Carolina Vollo, a member of the new Lightning team who is visually impaired, echoed Robert’s sentiments of the importance of competition and awareness with the creation of the new team.
“It’s a wonderful opportunity to participate in sports and have camaraderie with others who love this sport,” she said. “I look forward to competing with teams around the world, and increasing awareness of blind baseball and vision loss.”
The squad will be a participating member of the U.S. Blind Baseball Association, a charitable nonprofit dedicated to the development, management, regulation and promotion of Blind Baseball teams, players, coaches, volunteers, and umpires in the United States.
The inspiration to form the Lighthouse Guild Lightning was sparked in part by the United States Bronze-winning team in the World Baseball Softball Confederation’s Blind Baseball International Cup in 2022.
Roberts was quick to add the importance of the Upper West Side as a home base for the Lighthouse Guild for so many decades.
“We are a West Side organization, so many of the people who use our resources are people living on the Upper West Side,” he said. “We are integrated into the community here on the Upper West Side and we couldn’t see being anywhere else.”
The Lighthouse Guild has previously helped organize adaptive blind baseball training sessions in Riverside Park.
Anyone with a visual impairment can join team Lightning, and anyone who is sighted can join as a volunteer. The first games are planned to take place in the spring of 2024, and there is practice every Sunday at Monsignor Scanlan High School in the Bronx. The age restriction is currently 16 and older, but there are hopes one day to organize a youth league.

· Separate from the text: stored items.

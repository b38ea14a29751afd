//! Whether texts are a signature of a message.
ghost use Rattle.std.specs.Prelude.{◌≡◌, ◌<◌, ◌↔◌, IsTrue, length, take, drop, ◌*◌};
ghost use Rattle.cs_onetime.specs.Lists.{joined};
ghost use Rattle.cs_onetime.specs.Signature.{AreSized, Verifies, half_in, shown_images, texts_in};
ghost use Rattle.sha2.specs.Sha256.{sha256};

use crate::halves::{HALF, PLACES, bit_of, image};
use crate::texts::{Texts, Vectors};
use cs_hash::{Digest, same};
use sha2::{Digest as Hasher, Sha256};

/// How many texts a signature has.
pub const TEXTS: usize = 16;

/// How many bytes a text has.
pub const TEXT: usize = 256;

fn are_sized<T: Texts>(texts: &T) -> bool
    ensures { IsTrue result ↔ AreSized (T.texts texts.now) }
{
    if texts.count() != TEXTS {
        return false;
    }
    for place in 0..TEXTS {
        if texts.text(place).len() != TEXT {
            return false;
        }
    }
    true
}

fn half_in(text: &[u8], column: usize) -> [u8; 16]
    requires sized { length text.now ≡ 256 }
    requires within { column < 16 }
    ensures { result ≡ half_in text.now column }
{
    let at = HALF * column;
    let mut half = [0; 16];
    half.copy_from_slice(&text[at..at + HALF]);
    half
}

// The hash of all images, those of what is revealed among them, each computed once.
fn shown_key<T: Texts>(message: &Digest, texts: &T) -> Digest
    requires { AreSized (T.texts texts.now) }
    ensures { result ≡ sha256 (joined (shown_images message.now (T.texts texts.now)) 128) }
{
    let mut hasher = Sha256::new();
    for place in 0..PLACES {
        let text = place as usize / TEXTS;
        let column = place as usize % TEXTS;
        let shown = image(&half_in(texts.text(text), column));
        let given = half_in(texts.text(8 + text), column);
        if bit_of(message, place) == 0 {
            hasher.update(shown);
            hasher.update(given);
        } else {
            hasher.update(given);
            hasher.update(shown);
        }
    }
    hasher.finalize()
}

/// Whether the texts, wherever they stand, are a signature of the message under the key. It takes no
/// memory, and hashes nothing where they aren't 16 of 256 bytes.
pub fn verify_texts<T: Texts>(key: &Digest, message: &Digest, texts: &T) -> bool
    ensures { IsTrue result ↔ Verifies key.now message.now (T.texts texts.now) }
{
    if !are_sized(texts) {
        return false;
    }
    same(&shown_key(message, texts), key)
}

/// Whether the texts are a signature of the message under the key: 16 of 256 bytes, where the images
/// of what is revealed and those that are given hash to the key, in the order of the message's bits.
pub fn verify(key: &Digest, message: &Digest, texts: &[Vec<u8>]) -> bool
    ensures { IsTrue result ↔ Verifies key.now message.now (texts_in texts.now) }
{
    verify_texts(key, message, &Vectors(texts))
}
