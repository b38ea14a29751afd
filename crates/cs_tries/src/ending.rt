//! How the run of a client ends whose call is made again.
use cs_io::Text;
use cs_serve::Ending;
use cs_tx_value::Digest;

/// How the run of a client ends whose call is made again after it was aborted.
#[derive(Drop)]
pub enum TryEnding {
    /// So the last try ends.
    Ended(Ending),
    /// It knows that its session is accepted, of which the lines are printed.
    Told(Digest),
    /// It knows nothing, and these lines say so, and what it waits for.
    Waits(Text),
    /// A line could not be written.
    WriteFault,
}
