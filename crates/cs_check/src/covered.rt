//! A checkpoint with the leaves that it covers.
ghost use Rattle.std.specs.Prelude.{◌≡◌, ◌<◌, length, IfOk};
ghost use Rattle.cs_tx_types.specs.declared.limits.TheConstants.{COVERED};
ghost use Rattle.cs_merkle.specs.Tree.{leaves_of_vectors};
ghost use Rattle.cs_merkle.specs.Path.{audit_path as path_in};
ghost use Rattle.cs_check.specs.Kept.{AreAll, IsProofAt};

use crate::leaf::read_leaf;
use cs_base::{Memory, Sequence};
use cs_check_rules::{Checkpoint, Digest, Proof};
use cs_merkle::path;
use std::alloc::Global;
use std::marker::Model;

/// A checkpoint, and the leaves of the 16 slots that it covers, as encoded.
#[derive(Drop)]
pub(crate) struct Covered {
    checkpoint: Checkpoint,
    leaves: Vec<Vec<u8>>,
}

impl Model for Covered {
    ghost use Rattle.cs_merkle.specs.Tree.{leaves_of_vectors};
    ghost use Rattle.cs_check_rules.specs.Chain as log;
    ghost use Rattle.cs_check.specs.Kept.{AreAll};

    ghost Value = { log.Covered };

    ghost view = { λ c. record {
      checkpoint = c.checkpoint;
      leaves = leaves_of_vectors c.leaves.items;
    } };

    ghost invariant = { λ c. AreAll (leaves_of_vectors c.leaves.items) };
}

fn audit_path(alloc: Global, leaves: &[Vec<u8>], place: usize) -> Result<Vec<Digest>, Memory>
    requires { place < length leaves.now }
    ensures { IfOk result (λ hashes. hashes.items ≡ path_in (leaves_of_vectors leaves.now) place) }
{
    match path(alloc, leaves, place) {
        Ok(hashes) => Ok(hashes),
        Err(_) => Err(Memory),
    }
}

impl Covered {
    pub(crate) fn new(checkpoint: Checkpoint, leaves: Vec<Vec<u8>>) -> Covered
        requires { AreAll (leaves_of_vectors leaves.items) }
        ensures { result ≡ record {
          checkpoint = checkpoint;
          leaves = leaves_of_vectors leaves.items;
        } }
    {
        Covered { checkpoint, leaves }
    }

    /// The leaf at a place with the checkpoint, and the path from the one to the other.
    pub(crate) fn prove(&self, alloc: Global, place: usize) -> Result<Proof, Memory>
        requires { place < COVERED }
        ensures { IfOk result (IsProofAt self.now place) }
    {
        let leaves = self.leaves.as_slice();
        let leaf = read_leaf(alloc, leaves, place)?;
        let hashes = audit_path(alloc, leaves, place)?;
        Ok(Proof {
            checkpoint: self.checkpoint,
            place: place as u16,
            leaf,
            path: Sequence::from_vec(hashes),
        })
    }
}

“Having been a student at the Lighthouse Guild and a strong advocate for adaptive sports, I know firsthand the benefits, impact, and empowerment vocational training and adaptive sports provide to our clients and students,” team captain Plumacher said. “The Lighthouse Guild’s participation in helping to create awareness and provide adaptive sports opportunities for the people we serve will have a dramatic impact on our blind community.”